Many natural gas reservoirs are characterized by large networks of pre-existing natural fractures. To design hydraulic fracturing treatments in these systems, models are needed that can account for the complex interaction of hydraulic fractures with natural fracture networks. This work presents a new method for modeling hydraulic fracturing in these reservoirs using an algorithm based on the discontinuous deformation analysis (DDA). To demonstrate the method’s capabilities, hydraulic fracturing is simulated in two theoretical pre-fractured reservoirs subjected to different levels of background stress. The results of this work demonstrate that principal stress will be one of the primary factors determining the direction of fracture propagation within a naturally fractured system. In addition, the orientation of the natural fracture networks will also influence the direction of fracture propagation, particularly when the difference between the maximum and minimum principal stress is minimal. Finally, the results demonstrate that fluid viscosity and injection rate will have a direct impact on the extent to which fracturing fluid will invade a pre-existing network of natural fractures, but only a minimal impact on the direction taken by propagating hydraulic fractures.

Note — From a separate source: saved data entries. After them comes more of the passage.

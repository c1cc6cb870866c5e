//! Texts that stand for something else.
ghost use Rattle.std.specs.Prelude.{◌≡◌};
ghost use Rattle.std.specs.List.{position};
ghost use Rattle.casebook_opaque.specs.Opaque.{before_tab, is_opaque, is_tab};
ghost use Rattle.casebook_opaque.specs.Opaque.{opaque_mark, stands_for};

/// Returns the text with which all that stands for something else begins.
#[tactic(auto, unfolding(crate::specs::Opaque::opaque_mark))]
pub fn opaque_mark() -> &'static str
    ensures { result.now ≡ opaque_mark }
{
    "not kept by casebook: "
}

/// Returns whether bytes stand for something else.
pub fn is_opaque(bytes: &[u8]) -> bool
    ensures { result ≡ is_opaque bytes.now }
{
    bytes.starts_with(opaque_mark().as_bytes())
}

/// Returns whether a byte is a tab.
fn is_tab(byte: u8) -> bool
    ensures { result ≡ is_tab byte }
{
    byte == b'\t'
}

/// Returns the index of the first tab, or `None` if there is none.
fn tab_in(bytes: &[u8]) -> Option<usize>
    ensures { result ≡ position is_tab bytes.now }
{
    bytes.iter().position(|byte| is_tab(*byte))
}

/// Returns the bytes before the first tab, or all if there is none.
fn before_tab(bytes: &[u8]) -> &[u8]
    ensures { result.now ≡ before_tab bytes.now }
{
    match tab_in(bytes) {
        Some(end) => &bytes[..end],
        None => bytes,
    }
}

/// Returns what bytes that stand for something else say that this is, as `a link`.
#[tactic(auto, unfolding(crate::specs::Opaque::stands_for))]
pub fn stands_for(bytes: &[u8]) -> &[u8]
    ensures { result.now ≡ stands_for bytes.now }
{
    match bytes.get(opaque_mark().len()..) {
        Some(rest) => before_tab(rest),
        None => &[],
    }
}
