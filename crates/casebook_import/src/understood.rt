//! Texts that can mean to Retro's shell what they mean to the machine's, by their form.
ghost use Rattle.std.specs.Prelude.{◌≡◌, IfOk, map};
ghost use Rattle.std.specs.List.{list_any};
ghost use Rattle.std.specs.Option.{option_copied};
ghost use Rattle.retro_tree.specs.Node.{bytes_in};
ghost use Rattle.retro_tree.specs.Tree.{node_in};
ghost use Rattle.casebook_typed.specs.Values.{change_value, line_value, seen_value};
ghost use Rattle.casebook_import.specs.Effects.{session_number};
ghost use Rattle.casebook_import.specs.Understood.{has_opaque, is_in_opaque, is_left};
ghost use Rattle.casebook_import.specs.Understood.{is_understood, named, text_if, touch_opaque};
ghost use Rattle.casebook_import.specs.Understood.{touched, understood_text};

use crate::NoMem;
use crate::effects::{ending, var_in};
use casebook_explain::shell_path;
use casebook_needs::paths_of;
use casebook_opaque::is_opaque;
use casebook_profile::obstacle_in;
use casebook_shell::ShellRules;
use casebook_typed::{PathChange, Seen, TypedLine};
use retro_tree::{Bytes, Path, State, Text, VarName};
use std::alloc::Global;
use std::str::from_utf8;

/// Returns whether what a file holds stands for something else.
fn has_opaque(bytes: Option<&Bytes>) -> bool
    ensures { result ≡ has_opaque (option_copied bytes.entry) }
{
    match bytes {
        Some(bytes) => is_opaque(bytes.as_slice()),
        None => false,
    }
}

/// Returns whether one of some paths holds a text that stands for something else.
fn are_opaque(state: &State, paths: &[Path]) -> bool
    ensures { result ≡ list_any (λ q. has_opaque (bytes_in (node_in q state.now.tree))) paths.now }
{
    for path in paths {
        if has_opaque(state.file(path)) {
            return true;
        }
    }
    false
}

/// Returns whether a path, or one above it, holds a text that stands for something else.
fn is_in_opaque(alloc: Global, state: &State, path: &Path) -> Result<bool, NoMem>
    ensures { IfOk result (λ is. is ≡ is_in_opaque state.now path.now) }
{
    Ok(are_opaque(state, path.prefixes(alloc)?.as_slice()))
}

/// Returns whether one of some paths, or one above it, holds such a text.
fn touch_opaque(alloc: Global, state: &State, paths: &[Path]) -> Result<bool, NoMem>
    ensures { IfOk result (λ touch. touch ≡ touch_opaque state.now paths.now) }
{
    for path in paths {
        if is_in_opaque(alloc, state, path)? {
            return Ok(true);
        }
    }
    Ok(false)
}

/// Returns whether one of the paths that were changed, or one above it, held such a text.
fn changes_touch_opaque(
    alloc: Global,
    state: &State,
    changes: &[PathChange<'_>],
) -> Result<bool, NoMem>
    ensures { IfOk result (λ touch. touch ≡ touch_opaque state.now
        (map (λ change. change.path) (map change_value changes.now))) }
{
    for change in changes {
        if is_in_opaque(alloc, state, &change.path)? {
            return Ok(true);
        }
    }
    Ok(false)
}

/// Returns whether a line read, listed or changed such a text.
fn seen_touches(alloc: Global, state: &State, seen: &Seen<'_>) -> Result<bool, NoMem>
    ensures { IfOk result (λ touch.
        touch ≡ touch_opaque state.now (touched (seen_value seen.now))) }
{
    let read = touch_opaque(alloc, state, seen.read.as_slice())?;
    if read {
        return Ok(true);
    }
    let listed = touch_opaque(alloc, state, seen.listed.as_slice())?;
    if listed {
        return Ok(true);
    }
    let changed = changes_touch_opaque(alloc, state, seen.changes.as_slice())?;
    Ok(changed)
}

/// Returns whether the functions, aliases and options of a session leave a text as it is.
fn is_left(alloc: Global, state: &State, session: u32, text: &[u8]) -> Result<bool, NoMem>
    ensures { IfOk result (λ left. left ≡ is_left state.now session text.now) }
{
    let path = shell_path(alloc, session)?;
    match state.file(&path) {
        Some(shell) => {
            let rules = ShellRules::of(alloc, shell.as_slice())?;
            rules.leave(alloc, text)
        }
        None => Ok(false),
    }
}

/// Returns the paths that the words of a session's text name.
#[tactic(auto, unfolding(casebook_needs::specs::Needs::home_in))]
fn named(alloc: Global, state: &State, session: u32, text: &[u8]) -> Result<Vec<Path>, NoMem>
    ensures { IfOk result (λ paths. paths.items ≡ named state.now session text.now) }
{
    let home = VarName::home(alloc)?;
    let directory = state.cwd(alloc, session)?;
    paths_of(alloc, &directory, var_in(state, session, &home), text)
}

/// Returns whether a text is understood that a session runs in a state.
fn is_understood(alloc: Global, state: &State, session: u32, text: &str) -> Result<bool, NoMem>
    ensures { IfOk result (λ is. is ≡ is_understood state.now session text.now) }
{
    if obstacle_in(alloc, state, session, text)?.is_some() {
        return Ok(false);
    }
    if !is_left(alloc, state, session, text.as_bytes())? {
        return Ok(false);
    }
    let paths = named(alloc, state, session, text.as_bytes())?;
    Ok(!touch_opaque(alloc, state, paths.as_slice())?)
}

/// Returns a text, if it is UTF-8 and understood, and what its line touched isn't opaque.
#[tactic(auto, using(crate::proofs::Texts::texts))]
fn text_if(
    alloc: Global,
    state: &State,
    session: u32,
    seen: &Seen<'_>,
    text: &[u8],
) -> Result<Option<Text>, NoMem>
    ensures { IfOk result (λ found.
        found ≡ text_if state.now session (seen_value seen.now) text.now) }
{
    let Ok(text) = from_utf8(text) else {
        return Ok(None);
    };
    if !is_understood(alloc, state, session, text)? || seen_touches(alloc, state, seen)? {
        return Ok(None);
    }
    Ok(Some(Text::of(String::from_str(alloc, text)?)))
}

/// Returns the text of a line that ended, if it is understood in the state before the line.
#[tactic(auto, unfolding(crate::specs::Understood::understood_text))]
pub(crate) fn understood_text(
    alloc: Global,
    state: &State,
    session: u32,
    line: &TypedLine<'_>,
) -> Result<Option<Text>, NoMem>
    requires { session ≡ session_number line.now.owner }
    ensures { IfOk result (λ text. text ≡ understood_text state.now (line_value line.now)) }
{
    if ending(line.extent, &line.shown.event).is_none() {
        return Ok(None);
    }
    match line.text {
        Some(text) => text_if(alloc, state, session, &line.seen, text.as_slice()),
        None => Ok(None),
    }
}
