//! Variables that a record says.
ghost use Rattle.std.specs.Prelude.{◌≡◌, OnOk};
ghost use Rattle.std.specs.Option.{option_copied};
ghost use Rattle.std.specs.FinMap as finmap;

use crate::NoMem;
use retro_tree::{Text, VarName};
use std::alloc::Global;
use std::collections::BTreeMap;
use std::collections::btree_map::Iter;
use std::marker::Model;

/// Variables that a record says, with their values.
#[derive(Drop)]
pub(crate) struct SaidVars {
    values: BTreeMap<VarName, Text>,
}

impl Model for SaidVars {
    ghost use Rattle.std.specs.Prelude.{List, ℕ};
    ghost use Rattle.std.specs.FinMap as finmap;
    ghost use Rattle.std.specs.Coded.{coded_ℕ, coded_list};
    ghost use Rattle.retro_path.specs.Order.{text_cmp};

    ghost Value = { finmap.FinMap text_cmp (List ℕ) };

    ghost coded = { finmap.code (coded_list coded_ℕ) (coded_list coded_ℕ) };

    ghost view = { λ a. finmap.from_entries a.values.entries };
}

impl SaidVars {
    /// Returns no variables. Takes no memory.
    pub(crate) fn new(alloc: Global) -> SaidVars
        ensures { result ≡ finmap.empty }
    {
        SaidVars {
            values: BTreeMap::new(alloc),
        }
    }

    /// Sets a variable.
    pub(crate) fn insert(&mut self, name: VarName, text: Text) -> Result<(), NoMem>
        ensures { OnOk result (self.new ≡ finmap.insert self.old name text) }
    {
        self.values.insert(name, text)?;
        Ok(())
    }

    /// Returns the value of a variable, or `None` if it isn't set.
    pub(crate) fn get(&self, name: &VarName) -> Option<&Text>
        ensures { option_copied result ≡ finmap.get self.now name.now }
    {
        self.values.get(name)
    }

    /// Returns the variables with their values, in order of names.
    pub(crate) fn iter(&self) -> Iter<'_, VarName, Text>
        ensures { result ≡ finmap.entries self.now }
    {
        self.values.iter()
    }

    /// Returns the map of the variables.
    pub(crate) fn into_values(self) -> BTreeMap<VarName, Text>
        ensures { finmap.from_entries result.entries ≡ self }
    {
        let SaidVars { values } = self;
        values
    }
}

In the field, natural gas reservoirs are frequently characterized by large networks of pre-existing natural fractures. Hydraulic fracturing treatments for these reservoirs are often designed using bi-wing or radial fracturing models, both of which are based on strict assumptions for the geometry of the propagating fracture [1, 2]. The presence of pre-existing natural fractures, however, can lead to the formation of complex fracture networks which are not well characterized by these models [3]. In addition, natural fractures can cause the flow and production properties of a targeted reservoir to deviate greatly from those predicted by bi-wing or radial fracture models. Given the potential impact of natural fractures on hydraulic fracture propagation and reservoir production, the study of fracturing in naturally fractured reservoirs deserves further attention.